エンバペとの契約に至らなかったマドリーは、モナコからチュアメニ(8000万ユーロと2000万ユーロのインセンティブと報道)、チェルシーからリュディガー(フリー)を迎えた。
エンバペに代わる前線の上積みは今のところないが、これらの契約によってチームはどう変化していくのだろうか。
チュアメニと右エストレーモ
30歳を迎えたカゼミロには明確なバックアッパーはいなかった。
万が一の時カンテラーノのブランコが入ることになっていただろうが、力量の差が大きいのは明らかだ。長期の離脱がないままシーズンを終えられたのは幸運であった。
チュアメニはこの空白を埋める存在と捉えられている向きもあるが、これまでのプレーの断片を見る限り攻守に動くタイプで、マドリーではインテリオールの方が収まりはよさそう。
守備の多くを担っているがゆえに、攻撃に出ていくとバランスの乱れに繋がるカゼミロのポジションを引き継ぐには、彼自身のスタイルかチームバランスの変化が必要と思われる。
また、移籍金額の高さは彼を先発として戦力化する要因となる。
出場時間を減らしてシーズン全体を見据えたマネージメントをする必要性がより高いのは、カゼミロよりもモドリッチとクロースの方であるから、まずは彼ら二人に代わって先発させる機会を作り、チームに組み込んでいくことになるのではなかろうか。

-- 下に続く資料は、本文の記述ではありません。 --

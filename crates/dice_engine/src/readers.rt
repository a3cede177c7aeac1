//! The calls of an engine that serve readers.
ghost use Rattle.std.specs.Prelude.{◌≡◌, ◌↔◌, ◌<◌, true, false, length, All, Err, IfOk, MatchOption};
ghost use Rattle.std.specs.Arc.{arc_value};
ghost use Rattle.std.specs.Option.{option_map};
ghost use Rattle.dice_engine.specs.Seats.{first_seat, IsSeatOf};
ghost use Rattle.shelf.specs.Ops.{row_at};
ghost use Rattle.shelf.specs.Ends.{IsNewReader, after_refusal, door_to, Looked};
ghost use Rattle.shelf.specs.declared.reader.LookRefusal.TheVariants as refusal;
ghost use Rattle.dice_engine.specs.Turns.{Turn};
ghost use Rattle.dice_engine.specs.Calls.{AddsNothing};
ghost use Rattle.dice_engine.specs.Rows.{ShelfHas};

use crate::engine::Engine;
use crate::ledge::Ledge;
use crate::promise::Transaction;
use crate::seat::{Seat, SeatOf};
use crate::state::State;
use dice_core::Core;
use dice_key::{NoMemory, Universe, ValueRef};
use shelf::{LookRefusal, Reader, Told as News};
use std::alloc::Global;
use std::sync::{Arc, Wait};
use turnstile::Turnstile;

impl<U: Universe> Engine<U> {
    /// An engine as by `new`, and so many readers of its values. What its turns commit and finish
    /// stands on a shelf when they end, where readers look at it without a turn. `end` takes the
    /// shelf down; who only drops the engine leaves the shelf to its readers, and its memory is not
    /// freed.
    pub fn with_readers<R: Wait>(
        rt: &R,
        alloc: Global,
        universe: Arc<U>,
        writers: u64,
        readers: u32,
    ) -> Result<(Engine<U>, Seat<U>, Vec<Reader<U>>), NoMemory>
        requires { 0 < readers }
        ensures seat { IfOk result (λ t. t.1 ≡ first_seat t.0 writers) }
        ensures readers { IfOk result
            (λ t. (length t.2.items ≡ readers) × All IsNewReader t.2.items) }
    {
        let core = Core::new(alloc, Arc::try_clone(&universe)?)?;
        let (state, line, pass) = State::new(alloc, core)?;
        let (shelf, ends) = Ledge::boxed(rt, alloc, universe.seed(), readers)?;
        match Turnstile::new(alloc, state.with_shelf(shelf), writers) {
            Ok((stile, place)) => {
                let engine = Engine {
                    stile,
                    line,
                    universe,
                };
                Ok((engine, SeatOf { place, pass }, ends))
            }
            Err((_, state)) => {
                state.end(rt);
                Err(NoMemory)
            }
        }
    }

    /// Tells a reader what is on the shelf at this turn; its looks then see that and maybe more. It
    /// takes no memory, and is true exactly if the shelf has all rows of the journal: there was
    /// memory for them, and the engine has readers. If it has none, the reader stays as it is.
    ///
    /// If no place was free for what is told, the reader is shut. There are places enough for each
    /// reader to be told in one call at a time.
    pub fn tell<R: Wait>(&self, rt: &R, seat: &mut Seat<U>, reader: &mut Reader<U>) -> bool
        requires seat { IsSeatOf self.now seat.old }
        ensures turn { Turn U.Key.eq U.meaning seat.old seat.new (λ found. AddsNothing) }
        ensures exact { (result ≡ true) ↔ (seat.new.left.2 ≡ 0) }
        ensures told { result ≡ true → reader.new.shut ≡ false
            → ShelfHas seat.new.seen reader.new.seen }
        ensures refused { reader.new.refused ≡ reader.old.refused }
        ensures seat { IsSeatOf self.now seat.new }
        ensures same { (seat.new.number ≡ seat.old.number) × (seat.new.writers ≡ seat.old.writers) }
    {
        let mut turn = self.stile.enter(rt, &mut seat.place);
        let state = turn.state();
        let told = state.tell();
        state.line_up(rt);
        self.stile.leave(turn);
        learned(reader, told);
        seat.left().2 == 0
    }

    /// The value of a key at the version of a transaction, by one look at the shelf, without a
    /// turn: `None` exactly if no row of it is in what the reader sees, which begins with what it
    /// saw or was told of last. `Shut` only if the reader's count of refusals rose.
    pub fn quick(
        &self,
        reader: &mut Reader<U>,
        transaction: &Transaction,
        key: &U::Key,
    ) -> Result<Option<ValueRef<U>>, LookRefusal>
        ensures found { IfOk result (λ x. Looked U.Key.eq U.meaning reader.old reader.new
            × (option_map (λ y. arc_value y) x
            ≡ row_at (U.Key.eq key.now) transaction.now.version reader.new.seen)) }
        ensures no_memory { result ≡ Err refusal.NoMemory
            → Looked U.Key.eq U.meaning reader.old reader.new }
        ensures shut { result ≡ Err refusal.Shut → reader.new ≡ after_refusal reader.old }
        ensures no_place { reader.old.shut ≡ true → result ≡ Err refusal.Shut }
    {
        reader.look(transaction.version, key)
    }
}

/// A reader learns what it is told, if it is told anything.
fn learned<U: Universe>(reader: &mut Reader<U>, told: Option<News<U>>)
    ensures { MatchOption told (reader.new ≡ reader.old)
        (λ t. reader.new ≡ door_to t reader.old.refused) }
{
    if let Some(told) = told {
        reader.learn(told);
    }
}
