//! Tests of the graph of finished values, through public calls.
#![tactic(auto)]

#[cfg(test)]
mod graph;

カマビンガは途中から入って流れを変える役割を果たしたが、チュアメニは彼よりも年齢も移籍金も上。一歩踏み込んだ形で使われると考えるのが自然である。
昨シーズンの後半の課題は、チュアメニについて想定されるプレーをしてほしかったバルベルデが右サイドで居場所を得たことであった。
バルベルデを中盤に回すと、右のエストレーモは攻撃的な使い方をしたいロドリゴ、アザール、アセンシオしかいなかった。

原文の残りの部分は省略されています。